(Raw data Opens)

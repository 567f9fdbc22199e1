// RFC 3629's own examples (sections 7 and 10), each decoded to code points and encoded again; a bad sequence is told with its place.
#![tactic(auto)]

use lines::out;
use lines::out::STDOUT_FILENO;
use text::utf8;

// A code point as the document writes it.
fn point(o: &mut [u8], at: usize, c: u32) -> usize {
    let mut digits = [0u8; 16];
    let k = io::hex(c as u64, 4, &mut digits);
    let a = out::bytes(o, at, b" U+");
    out::bytes(o, a, &digits[..k])
}

// The character at the front of s, if there is one; a `!` behind it would say that its code point encodes to other bytes.
fn character(s: &[u8], o: &mut [u8], at: usize) -> usize {
    let len = utf8::char_len(s);
    if len == 0 {
        return at;
    }
    let c = utf8::code_point(s);
    let a = point(o, at, c);
    let mut bytes = [0u8; 4];
    let n = utf8::encode(c, &mut bytes).unwrap_or(0);
    if check::same(lines::part(&bytes, 0, n), lines::part(s, 0, len)) {
        return a;
    }
    out::byte(o, a, b'!')
}

fn characters(s: &[u8], o: &mut [u8], at: usize) -> usize {
    let mut a = at;
    for i in 0..s.len() {
        a = character(&s[i..], o, a);
    }
    a
}

fn verdict(judged: Option<usize>, o: &mut [u8], at: usize) -> usize {
    match judged {
        None => out::bytes(o, at, b"good"),
        Some(p) => {
            let a = out::bytes(o, at, b"bad at");
            out::word(o, a, p as u64)
        }
    }
}

// A line for each example.
fn example(s: &[u8], o: &mut [u8], at: usize) -> usize {
    let a = verdict(utf8::first_bad(s), o, at);
    let b = characters(s, o, a);
    out::byte(o, b, b'\n')
}

fn main() {
    let mut o = [0u8; 1024];
    let a = example(b"\x41\xE2\x89\xA2\xCE\x91\x2E", &mut o, 0);
    let a = example(b"\xED\x95\x9C\xEA\xB5\xAD\xEC\x96\xB4", &mut o, a);
    let a = example(b"\xE6\x97\xA5\xE6\x9C\xAC\xE8\xAA\x9E", &mut o, a);
    let a = example(b"\xEF\xBB\xBF\xF0\xA3\x8E\xB4", &mut o, a);
    let a = example(b"\xC0\x80", &mut o, a);
    let a = example(b"\x2F\xC0\xAE\x2E\x2F", &mut o, a);
    let a = example(b"\xED\xA1\x8C\xED\xBE\xB4", &mut o, a);
    io::write_all(STDOUT_FILENO, lines::part(&o, 0, a));
}
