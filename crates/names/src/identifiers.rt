// Names and raw names at the front of a part.
ghost use Rattle.std.specs.Prelude.{◌≡◌, ◌≤◌, length};
ghost use Rattle.names.specs.Characters.{char_if, near};
ghost use Rattle.text.specs.Classes.{ident_first};
ghost use Rattle.xid.specs.Table.{table as rows};
ghost use Rattle.names.specs.Identifiers.{name_len, plain_of, raw_of, strict_of, skip_identifier_of, identifier_of};

use crate::characters::{is_wide_ahead, near_if, next_chars_while_len};
use crate::starts::{begins_raw, begins_string};
use crate::{Class, Identifier, table_chars};
use xid::table::table;

// The length of the name at the front, 0 where none begins: by the table, which is lent.
fn name_in(t: &[u32; 3234], s: &[u8]) -> usize
    requires { t.now ≡ rows }
    ensures { result ≡ name_len s.now }
{
    let n = table_chars::char_if(t, Class::First, s);
    if n == 0 {
        return 0;
    }
    let more = table_chars::chars_len(t, &s[n..], Class::Next);
    n + more
}

// The same where no near character begins it. This builds the table, once.
fn far_name_len(s: &[u8]) -> usize
    requires { char_if (near ident_first) s.now ≡ 0 }
    ensures { result ≡ name_len s.now }
{
    if !is_wide_ahead(s) {
        return 0;
    }
    let t = table();
    name_in(&t, s)
}

fn name_len(s: &[u8]) -> usize
    ensures { result ≡ name_len s.now }
{
    let n = near_if(Class::First, s);
    if n == 0 {
        return far_name_len(s);
    }
    let more = next_chars_while_len(&s[n..], Class::Next);
    n + more
}

fn plain(s: &[u8]) -> Identifier
    ensures { result ≡ plain_of s.now }
{
    let n = name_len(s);
    if n == 0 {
        return Identifier::Missing;
    }
    Identifier::Name(n)
}

// A part that begins with `r#`.
fn raw(s: &[u8]) -> Identifier
    requires { 2 ≤ length s.now }
    ensures { result ≡ raw_of s.now }
{
    let n = next_chars_while_len(&s[2..], Class::Raw);
    let end = 2 + n;
    if n == 0 {
        return Identifier::Missing;
    }
    Identifier::RawName(end)
}

// The name or raw name that a part begins with; what begins a string or a byte literal is none.
pub fn skip_identifier(s: &[u8]) -> Identifier
    ensures { result ≡ skip_identifier_of s.now }
{
    if begins_string(s) {
        return Identifier::Missing;
    }
    if begins_raw(s) {
        return raw(s);
    }
    plain(s)
}

// A name that would not go on as a raw name.
fn strict(s: &[u8]) -> Identifier
    ensures { result ≡ strict_of s.now }
{
    let n = name_len(s);
    let raw = next_chars_while_len(s, Class::Raw);
    if n == 0 {
        return Identifier::Missing;
    }
    if n < raw {
        return Identifier::Missing;
    }
    Identifier::Name(n)
}

// What the list of an attribute asks for, which tests for the end of the text itself.
pub fn identifier(s: &[u8]) -> Identifier
    ensures { result ≡ identifier_of s.now }
{
    if begins_string(s) {
        return Identifier::Missing;
    }
    if begins_raw(s) {
        return raw(s);
    }
    strict(s)
}
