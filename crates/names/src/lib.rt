// Names (document 01, modules 1 and 9), after the crate's `identifier` and `skip_identifier`: names, raw names, and `inf` and `NaN` with their suffixes as
// floats. A letter above U+007F is one of XID_Start and XID_Continue (CR 5).
//
// All goes by characters, code point and width. `characters` passes those that are told without the table; at the first other one it builds the table, once for
// a name, and `table_chars` goes on with it.
#![tactic(auto)]

use text::Refusal;

pub mod characters;
pub mod classify;
pub mod identifiers;
pub mod starts;
pub mod table_chars;

// Which characters a run is made of: where the crate passes a function, a case.
#[derive(Clone, Copy)]
pub enum Class {
    First,
    Next,
    Raw,
}

// What stands where a name may stand, with its length; a raw name's `r#` counts.
#[derive(Clone, Copy)]
pub enum Identifier {
    Missing,
    Name(usize),
    RawName(usize),
}

// A token that begins as a name does, with its length, and of a float the suffix: 0, 32 or 64.
#[derive(Clone, Copy)]
pub enum Word {
    Plain(usize),
    Raw(usize),
    Float(usize, u8),
    Refused(Refusal),
}
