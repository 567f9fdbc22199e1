// Characters at the front of a part, by code point and width. An ASCII byte is tested first, then the usual letters; what is neither is left to `table_chars`.
ghost use Rattle.std.specs.Prelude.{◌≡◌};
ghost use Rattle.names.specs.Characters.{ascii_char, ident_char, char_if, chars, near, usual_pair, wide_ahead};

use crate::{Class, table_chars};
use text::{classes, utf8};
use xid::table::table;
use xid::usual::is_usual;

// A character up to U+007F is of the class.
pub fn is_ascii_char(class: Class, c: u32) -> bool
    ensures { result ≡ ascii_char class c }
{
    match class {
        Class::First => classes::is_ascii_first(c),
        Class::Next => classes::is_ascii_next(c),
        Class::Raw => classes::is_ascii_raw(c),
    }
}

// A character is of the class, and that is told without the table.
fn is_near(class: Class, c: u32) -> bool
    ensures { result ≡ near (ident_char class) c }
{
    if c < 0x80 {
        return is_ascii_char(class, c);
    }
    is_usual(c)
}

// A usual letter of two bytes, as most accented ones are, told by its bytes.
fn is_usual_pair(a: u8, b: u8) -> bool
    ensures { result ≡ usual_pair a b }
{
    if a < 0xc3 {
        return false;
    }
    if 0xd2 < a {
        return false;
    }
    if b < 0x80 {
        return false;
    }
    if 0xbf < b {
        return false;
    }
    is_usual((a % 32) as u32 * 64 + (b % 64) as u32)
}

fn wide_near_if(class: Class, s: &[u8]) -> usize
    ensures { result ≡ char_if (near (ident_char class)) s.now }
{
    if is_near(class, utf8::code_point(s)) {
        return utf8::char_len(s);
    }
    0
}

// The width of such a character at the front, 0 where none stands.
pub fn near_if(class: Class, s: &[u8]) -> usize
    ensures { result ≡ char_if (near (ident_char class)) s.now }
{
    if s.len() == 0 {
        return 0;
    }
    let a = s[0];
    if a < 0x80 {
        if is_ascii_char(class, a as u32) {
            return 1;
        }
        return 0;
    }
    if 2 <= s.len() {
        if is_usual_pair(a, s[1]) {
            return 2;
        }
    }
    wide_near_if(class, s)
}

// How many bytes from the front are such characters.
fn near_len(s: &[u8], class: Class) -> usize
    ensures { result ≡ chars (near (ident_char class)) s.now }
{
    let mut i = 0;
    while i < s.len() {
        let a = s[i];
        if a < 0x80 {
            if !is_ascii_char(class, a as u32) {
                return i;
            }
            i += 1;
        } else {
            let n = near_if(class, &s[i..]);
            if n == 0 {
                return i;
            }
            i += n;
        }
    }
    i
}

// A character above U+007F stands at the front.
pub fn is_wide_ahead(s: &[u8]) -> bool
    ensures { result ≡ wide_ahead s.now }
{
    if s.len() == 0 {
        return false;
    }
    0x7f < s[0]
}

// How many bytes are characters of the class, where no near one stands at the front. This builds the table, once.
fn far_len(s: &[u8], class: Class) -> usize
    requires { char_if (near (ident_char class)) s.now ≡ 0 }
    ensures { result ≡ chars (ident_char class) s.now }
{
    if !is_wide_ahead(s) {
        return 0;
    }
    let t = table();
    table_chars::chars_len(&t, s, class)
}

// How many bytes from the front are characters of the class.
pub fn next_chars_while_len(s: &[u8], class: Class) -> usize
    ensures { result ≡ chars (ident_char class) s.now }
{
    let n = near_len(s, class);
    let more = far_len(&s[n..], class);
    n + more
}
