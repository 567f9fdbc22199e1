// Whether a part begins with a word (the crate's `check_str`).
ghost use Rattle.std.specs.Prelude.{◌≡◌, [], ◌∷◌};
ghost use Rattle.names.specs.Starts.{begins_string, begins_raw};
ghost use Rattle.text.specs.Words.{starts_with};

// A word of two bytes.
pub fn starts_with2(s: &[u8], a: u8, b: u8) -> bool
    ensures { result ≡ starts_with (a ∷ b ∷ []) s.now }
{
    s.starts_with(&[a, b])
}

// A word of three bytes.
pub fn starts_with3(s: &[u8], a: u8, b: u8, c: u8) -> bool
    ensures { result ≡ starts_with (a ∷ b ∷ c ∷ []) s.now }
{
    s.starts_with(&[a, b, c])
}

// Whether a string, a byte string or a byte literal begins at the front.
pub fn begins_string(s: &[u8]) -> bool
    ensures { result ≡ begins_string s.now }
{
    if starts_with2(s, b'b', b'"') {
        return true;
    }
    if starts_with2(s, b'b', b'\'') {
        return true;
    }
    if starts_with3(s, b'b', b'r', b'#') {
        return true;
    }
    if starts_with3(s, b'b', b'r', b'"') {
        return true;
    }
    if starts_with2(s, b'r', b'"') {
        return true;
    }
    if starts_with3(s, b'r', b'#', b'"') {
        return true;
    }
    starts_with3(s, b'r', b'#', b'#')
}

// `r#`: a raw name, unless it begins a string.
pub fn begins_raw(s: &[u8]) -> bool
    ensures { result ≡ begins_raw s.now }
{
    starts_with2(s, b'r', b'#')
}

(Raw data Closes)

To do: Filter the data, keeping only the lines that contain "names".

Written reply:
filename crates/names/src/identifiers.rt
// Names and raw names at the front of a part.
ghost use Rattle.names.specs.Characters.{char_if, near};
ghost use Rattle.names.specs.Identifiers.{name_len, plain_of, raw_of, strict_of, skip_identifier_of, identifier_of};
filename crates/names/src/lib.rt
// Names (document 01, modules 1 and 9), after the crate's `identifier` and `skip_identifier`: names, raw names, and `inf` and `NaN` with their suffixes as
ghost use Rattle.names.specs.Characters.{ascii_char, ident_char, char_if, chars, near, usual_pair, wide_ahead};
ghost use Rattle.names.specs.Starts.{begins_string, begins_raw};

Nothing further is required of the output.